What the task requires - Please transcribe exactly, and only, the lines of the data below between the line holding "filename crates/poly_maps/src/mono.rt" and the line holding "use std::cmp::Ordering;", inclusive.

________________

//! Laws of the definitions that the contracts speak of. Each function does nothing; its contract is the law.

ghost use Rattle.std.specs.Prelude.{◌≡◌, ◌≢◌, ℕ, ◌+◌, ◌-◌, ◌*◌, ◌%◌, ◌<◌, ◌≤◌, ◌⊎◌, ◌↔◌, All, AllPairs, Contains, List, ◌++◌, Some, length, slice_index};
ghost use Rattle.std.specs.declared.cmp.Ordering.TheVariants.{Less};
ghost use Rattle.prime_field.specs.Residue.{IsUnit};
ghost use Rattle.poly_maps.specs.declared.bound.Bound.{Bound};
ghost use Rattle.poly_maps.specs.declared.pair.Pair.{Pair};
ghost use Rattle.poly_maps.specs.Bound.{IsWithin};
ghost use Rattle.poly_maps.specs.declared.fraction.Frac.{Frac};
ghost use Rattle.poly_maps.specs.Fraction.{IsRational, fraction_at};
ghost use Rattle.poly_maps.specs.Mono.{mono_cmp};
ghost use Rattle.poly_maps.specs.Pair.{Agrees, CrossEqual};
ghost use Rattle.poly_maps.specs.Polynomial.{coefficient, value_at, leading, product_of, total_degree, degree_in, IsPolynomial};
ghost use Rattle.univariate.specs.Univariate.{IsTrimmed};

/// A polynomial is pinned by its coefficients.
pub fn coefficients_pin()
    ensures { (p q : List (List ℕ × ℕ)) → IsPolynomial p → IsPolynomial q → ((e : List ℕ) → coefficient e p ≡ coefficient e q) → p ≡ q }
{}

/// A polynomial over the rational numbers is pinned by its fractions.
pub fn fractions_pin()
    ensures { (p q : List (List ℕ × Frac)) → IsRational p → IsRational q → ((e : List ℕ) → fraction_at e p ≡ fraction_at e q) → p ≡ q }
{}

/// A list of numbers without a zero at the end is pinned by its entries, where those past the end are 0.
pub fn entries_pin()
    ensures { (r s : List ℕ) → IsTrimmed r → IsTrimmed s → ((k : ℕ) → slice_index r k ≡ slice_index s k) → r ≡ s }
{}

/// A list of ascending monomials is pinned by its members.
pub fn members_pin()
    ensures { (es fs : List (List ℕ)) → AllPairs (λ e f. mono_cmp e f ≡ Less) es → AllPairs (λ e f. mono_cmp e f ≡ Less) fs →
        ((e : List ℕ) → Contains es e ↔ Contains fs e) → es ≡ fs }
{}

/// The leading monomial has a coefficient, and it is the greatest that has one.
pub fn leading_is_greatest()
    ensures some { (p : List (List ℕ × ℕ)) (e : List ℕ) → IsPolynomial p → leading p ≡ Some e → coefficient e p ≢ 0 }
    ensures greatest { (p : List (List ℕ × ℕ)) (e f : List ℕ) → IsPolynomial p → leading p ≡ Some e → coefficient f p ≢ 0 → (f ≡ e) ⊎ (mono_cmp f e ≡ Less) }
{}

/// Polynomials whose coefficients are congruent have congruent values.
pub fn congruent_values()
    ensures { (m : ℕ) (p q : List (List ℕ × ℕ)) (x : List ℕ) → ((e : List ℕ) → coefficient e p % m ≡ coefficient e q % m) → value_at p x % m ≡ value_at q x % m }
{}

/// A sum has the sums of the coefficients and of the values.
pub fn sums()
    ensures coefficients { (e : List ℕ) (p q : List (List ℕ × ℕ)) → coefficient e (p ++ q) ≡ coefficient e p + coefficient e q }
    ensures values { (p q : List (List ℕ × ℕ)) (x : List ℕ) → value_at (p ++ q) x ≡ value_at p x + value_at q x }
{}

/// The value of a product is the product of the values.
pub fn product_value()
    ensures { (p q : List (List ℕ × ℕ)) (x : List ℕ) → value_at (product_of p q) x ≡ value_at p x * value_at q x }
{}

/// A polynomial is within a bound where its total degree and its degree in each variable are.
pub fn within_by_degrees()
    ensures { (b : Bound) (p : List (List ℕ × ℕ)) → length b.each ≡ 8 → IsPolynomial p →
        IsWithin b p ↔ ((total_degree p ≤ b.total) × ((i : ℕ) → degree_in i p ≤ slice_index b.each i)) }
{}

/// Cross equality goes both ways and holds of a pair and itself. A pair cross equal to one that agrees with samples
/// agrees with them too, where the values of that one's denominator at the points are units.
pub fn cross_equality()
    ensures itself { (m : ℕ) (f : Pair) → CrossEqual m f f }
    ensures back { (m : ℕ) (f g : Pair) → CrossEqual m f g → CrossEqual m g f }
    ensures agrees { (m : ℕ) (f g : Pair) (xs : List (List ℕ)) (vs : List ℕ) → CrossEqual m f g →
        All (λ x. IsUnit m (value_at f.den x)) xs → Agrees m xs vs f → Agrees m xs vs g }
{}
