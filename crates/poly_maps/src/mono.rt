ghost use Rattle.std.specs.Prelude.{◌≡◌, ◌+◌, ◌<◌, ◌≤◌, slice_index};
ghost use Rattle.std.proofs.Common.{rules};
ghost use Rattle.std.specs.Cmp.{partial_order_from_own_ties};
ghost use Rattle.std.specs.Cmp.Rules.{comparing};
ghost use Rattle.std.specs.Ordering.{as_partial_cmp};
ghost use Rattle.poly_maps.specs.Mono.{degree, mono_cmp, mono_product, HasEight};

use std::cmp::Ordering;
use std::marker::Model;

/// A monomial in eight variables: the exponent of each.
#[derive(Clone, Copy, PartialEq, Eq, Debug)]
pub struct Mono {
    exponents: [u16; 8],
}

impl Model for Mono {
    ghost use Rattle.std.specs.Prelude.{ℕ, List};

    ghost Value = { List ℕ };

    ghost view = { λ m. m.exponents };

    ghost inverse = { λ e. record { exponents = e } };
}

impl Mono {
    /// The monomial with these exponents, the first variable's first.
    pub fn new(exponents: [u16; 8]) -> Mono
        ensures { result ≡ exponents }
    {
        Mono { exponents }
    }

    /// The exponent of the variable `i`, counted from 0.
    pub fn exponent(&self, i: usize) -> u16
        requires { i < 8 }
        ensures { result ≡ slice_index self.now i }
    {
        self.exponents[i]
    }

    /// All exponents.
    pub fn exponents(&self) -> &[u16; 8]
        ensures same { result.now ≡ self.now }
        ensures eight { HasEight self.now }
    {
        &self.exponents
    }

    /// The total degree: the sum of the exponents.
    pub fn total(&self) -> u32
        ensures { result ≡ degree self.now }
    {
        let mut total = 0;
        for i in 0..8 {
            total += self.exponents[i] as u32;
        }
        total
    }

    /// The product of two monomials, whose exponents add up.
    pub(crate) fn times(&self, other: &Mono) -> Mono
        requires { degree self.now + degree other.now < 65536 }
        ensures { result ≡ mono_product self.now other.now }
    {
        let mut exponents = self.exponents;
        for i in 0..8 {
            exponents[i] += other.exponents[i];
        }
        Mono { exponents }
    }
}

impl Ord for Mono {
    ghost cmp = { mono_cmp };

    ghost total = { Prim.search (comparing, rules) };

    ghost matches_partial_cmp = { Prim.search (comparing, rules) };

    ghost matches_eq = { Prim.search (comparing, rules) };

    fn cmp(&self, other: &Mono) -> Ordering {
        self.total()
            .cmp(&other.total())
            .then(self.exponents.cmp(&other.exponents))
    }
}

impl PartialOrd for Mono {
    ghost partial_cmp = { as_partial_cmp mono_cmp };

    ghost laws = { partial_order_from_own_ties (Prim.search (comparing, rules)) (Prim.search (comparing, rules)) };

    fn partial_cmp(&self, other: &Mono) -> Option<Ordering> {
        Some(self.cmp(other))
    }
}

________________

Response -
filename crates/poly_maps/src/mono.rt
ghost use Rattle.std.specs.Prelude.{◌≡◌, ◌+◌, ◌<◌, ◌≤◌, slice_index};
ghost use Rattle.std.proofs.Common.{rules};
ghost use Rattle.std.specs.Cmp.{partial_order_from_own_ties};
ghost use Rattle.std.specs.Cmp.Rules.{comparing};
ghost use Rattle.std.specs.Ordering.{as_partial_cmp};
ghost use Rattle.poly_maps.specs.Mono.{degree, mono_cmp, mono_product, HasEight};

use std::cmp::Ordering;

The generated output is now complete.